ABOUT THIS TASK: Reproduce the listing that follows so that each line matches the original exactly.

:: PROVIDED RECORDS

//! The report of a bundle by the caller's own thread: no lock, no handle, nothing that waits. So a static library,
//! whose exports may reach neither a thread nor a lock, can be built on it.
//!
//! - `reading::read_alone` reads the files that the roots reach, one after another.
//! - `running::run_alone` loads the roots over the book of the cache itself (`cache`), for one loader, which never
//!   waits. `loading` takes the turns, and the work for each file is `star_host`'s.
//! - `answer::answer_alone` goes from the bytes of a bundle to the text of its report: `report` writes the pages of
//!   `star_report` one after another.
//!
//! Begin at `loading.rt`, with `take_turn`. The promises are two contracts. `run_alone` has the contract of
//! `star_host::run_in` for one loader, clause by clause. `answer_alone` has the contract of `star_serve::serve` for
//! bytes in place of streams.
#![tactic(auto)]

pub mod answer;
mod cache;
mod loading;
pub mod reading;
mod report;
pub mod running;
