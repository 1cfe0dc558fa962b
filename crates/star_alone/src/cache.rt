//! The book of a cache with one loader, which never waits, and the loads that it has refused.

ghost use Rattle.std.specs.Prelude.{◌≡◌, ◌≤◌, All, IfOk, MatchOption, length, true};
ghost use Rattle.star_cache.specs.State.{HasEnded, Loads};
ghost use Rattle.star_cache.specs.Tells.{IsCyclic, Tells};
ghost use Rattle.star_outcome.specs.Fits.{IsAsked};
ghost use Rattle.star_outcome.specs.Refusals.{AreRefusals, IsRefusal};
ghost use Rattle.star_outcome.specs.Views.{IsTold};
ghost use Rattle.star_plan.specs.Plan.{loaded};
ghost use Rattle.star_plan.specs.Results.{IsGood};

use star_cache::{Book, BookError, Reply};
use star_outcome::run_id::RunId;
use star_outcome::told::Told;
use star_outcome::trace::CyclicLoad;
use std::alloc::{AllocError, Global};
use std::marker::Model;

/// A book with one loader, and the loads that it has refused. It is seen as the book.
#[derive(Drop)]
pub(crate) struct Cache<J: RunId> {
    book: Book<Told<J>>,
    refused: Vec<CyclicLoad>,
}

impl<J: RunId> Model for Cache<J> {
    ghost use Rattle.std.specs.Prelude.{◌≡◌, length};
    ghost use Rattle.star_cache.specs.State.{BookState};
    ghost use Rattle.star_outcome.specs.Refusals.{AreRefusals};
    ghost use Rattle.star_outcome.specs.Views.{ToldView};

    ghost Value = { BookState ToldView };

    ghost view = { λ c. c.book };

    ghost invariant = { λ c. (length c.book.loaders ≡ 1) × AreRefusals J.plan c.refused.items };
}

impl<J: RunId> Cache<J> {
    /// A book of `count` files. None has been asked for yet.
    pub(crate) fn new(alloc: Global, files: usize) -> Result<Cache<J>, AllocError>
        requires files { files ≡ length J.files }
        requires few { files ≤ 10000 }
    {
        let book = Book::new(alloc, files, 1)?;
        let refused = Vec::new(alloc);
        Ok(Cache { book, refused })
    }

    /// Asks for a file: for the file that was begun last and has not ended, which loads it, or for a reached file.
    pub(crate) fn ask(
        &mut self,
        parent: Option<usize>,
        target: usize,
    ) -> Result<Reply<Told<J>>, BookError>
        requires load { MatchOption parent (IsAsked J.files J.plan target) (λ p. Loads (loaded J.plan) p target) }
        ensures tells { IfOk result (Tells (IsTold J.files J.plan) (IsGood J.plan)
            (IsCyclic (loaded J.plan) parent target) ⊥ target) }
    {
        self.book.ask(0, parent, target)
    }

    /// The file that was begun last, of those that have not ended, has ended so.
    pub(crate) fn finish(&mut self, n: usize, told: Told<J>) -> Result<(), BookError>
        requires right { IsTold J.files J.plan n told }
    {
        match self.book.finish(0, n, told) {
            Ok(()) => Ok(()),
            Err((error, _told)) => Err(error),
        }
    }

    /// One refused load more.
    pub(crate) fn note_cycle(&mut self, load: CyclicLoad) -> Result<(), AllocError>
        requires { IsRefusal J.plan load }
        ensures { self.new ≡ self.old }
    {
        self.refused.push(load)?;
        Ok(())
    }

    /// Whether each of these files has ended.
    pub(crate) fn have_ended(&self, files: &[usize]) -> bool
        ensures { result ≡ true → All (HasEnded self.now) files.now }
    {
        self.book.have_ended(files)
    }

    /// The book, and the loads that were refused.
    pub(crate) fn into_parts(self) -> (Book<Told<J>>, Vec<CyclicLoad>)
        ensures book { result.0 ≡ self }
        ensures refused { AreRefusals J.plan result.1.items }
    {
        let Cache { book, refused } = self;
        (book, refused)
    }
}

::::

RESULT FOR THIS EXERCISE:
//! The report of a bundle by the caller's own thread: no lock, no handle, nothing that waits. So a static library,
//! whose exports may reach neither a thread nor a lock, can be built on it.
//!
//! - `reading::read_alone` reads the files that the roots reach, one after another.
//! - `running::run_alone` loads the roots over the book of the cache itself (`cache`), for one loader, which never
//!   waits. `loading` takes the turns, and the work for each file is `star_host`'s.
//! - `answer::answer_alone` goes from the bytes of a bundle to the text of its report: `report` writes the pages of
//!   `star_report` one after another.
//!
//! Begin at `loading.rt`, with `take_turn`. The promises are two contracts. `run_alone` has the contract of
//! `star_host::run_in` for one loader, clause by clause. `answer_alone` has the contract of `star_serve::serve` for
//! bytes in place of streams.
#![tactic(auto)]

pub mod answer;
mod cache;
mod loading;
pub mod reading;
mod report;
pub mod running;
repository 1cfe0dc558fa962b
filename crates/star_alone/src/cache.rt
//! The book of a cache with one loader, which never waits, and the loads that it has refused.

ghost use Rattle.std.specs.Prelude.{◌≡◌, ◌≤◌, All, IfOk, MatchOption, length, true};
ghost use Rattle.star_cache.specs.State.{HasEnded, Loads};
ghost use Rattle.star_cache.specs.Tells.{IsCyclic, Tells};
ghost use Rattle.star_outcome.specs.Fits.{IsAsked};
ghost use Rattle.star_outcome.specs.Refusals.{AreRefusals, IsRefusal};
ghost use Rattle.star_outcome.specs.Views.{IsTold};
ghost use Rattle.star_plan.specs.Plan.{loaded};
ghost use Rattle.star_plan.specs.Results.{IsGood};

use star_cache::{Book, BookError, Reply};
use star_outcome::run_id::RunId;
use star_outcome::told::Told;
use star_outcome::trace::CyclicLoad;
use std::alloc::{AllocError, Global};
use std::marker::Model;

/// A book with one loader, and the loads that it has refused. It is seen as the book.
#[derive(Drop)]
pub(crate) struct Cache<J: RunId> {
    book: Book<Told<J>>,
    refused: Vec<CyclicLoad>,
}

impl<J: RunId> Model for Cache<J> {
    ghost use Rattle.std.specs.Prelude.{◌≡◌, length};
    ghost use Rattle.star_cache.specs.State.{BookState};
    ghost use Rattle.star_outcome.specs.Refusals.{AreRefusals};
    ghost use Rattle.star_outcome.specs.Views.{ToldView};

    ghost Value = { BookState ToldView };

    ghost view = { λ c. c.book };

    ghost invariant = { λ c. (length c.book.loaders ≡ 1) × AreRefusals J.plan c.refused.items };
}

impl<J: RunId> Cache<J> {
    /// A book of `count` files. None has been asked for yet.
    pub(crate) fn new(alloc: Global, files: usize) -> Result<Cache<J>, AllocError>
        requires files { files ≡ length J.files }
        requires few { files ≤ 10000 }
    {
        let book = Book::new(alloc, files, 1)?;
        let refused = Vec::new(alloc);
        Ok(Cache { book, refused })
    }

    /// Asks for a file: for the file that was begun last and has not ended, which loads it, or for a reached file.
    pub(crate) fn ask(
        &mut self,
        parent: Option<usize>,
        target: usize,
    ) -> Result<Reply<Told<J>>, BookError>
        requires load { MatchOption parent (IsAsked J.files J.plan target) (λ p. Loads (loaded J.plan) p target) }
        ensures tells { IfOk result (Tells (IsTold J.files J.plan) (IsGood J.plan)
            (IsCyclic (loaded J.plan) parent target) ⊥ target) }
    {
        self.book.ask(0, parent, target)
    }

    /// The file that was begun last, of those that have not ended, has ended so.
    pub(crate) fn finish(&mut self, n: usize, told: Told<J>) -> Result<(), BookError>
        requires right { IsTold J.files J.plan n told }
    {
        match self.book.finish(0, n, told) {
            Ok(()) => Ok(()),
            Err((error, _told)) => Err(error),
        }
    }

    /// One refused load more.
    pub(crate) fn note_cycle(&mut self, load: CyclicLoad) -> Result<(), AllocError>
        requires { IsRefusal J.plan load }
        ensures { self.new ≡ self.old }
    {
        self.refused.push(load)?;
        Ok(())
    }

    /// Whether each of these files has ended.
    pub(crate) fn have_ended(&self, files: &[usize]) -> bool
        ensures { result ≡ true → All (HasEnded self.now) files.now }
    {
        self.book.have_ended(files)
    }

    /// The book, and the loads that were refused.
    pub(crate) fn into_parts(self) -> (Book<Told<J>>, Vec<CyclicLoad>)
        ensures book { result.0 ≡ self }
        ensures refused { AreRefusals J.plan result.1.items }
    {
        let Cache { book, refused } = self;
        (book, refused)
    }
}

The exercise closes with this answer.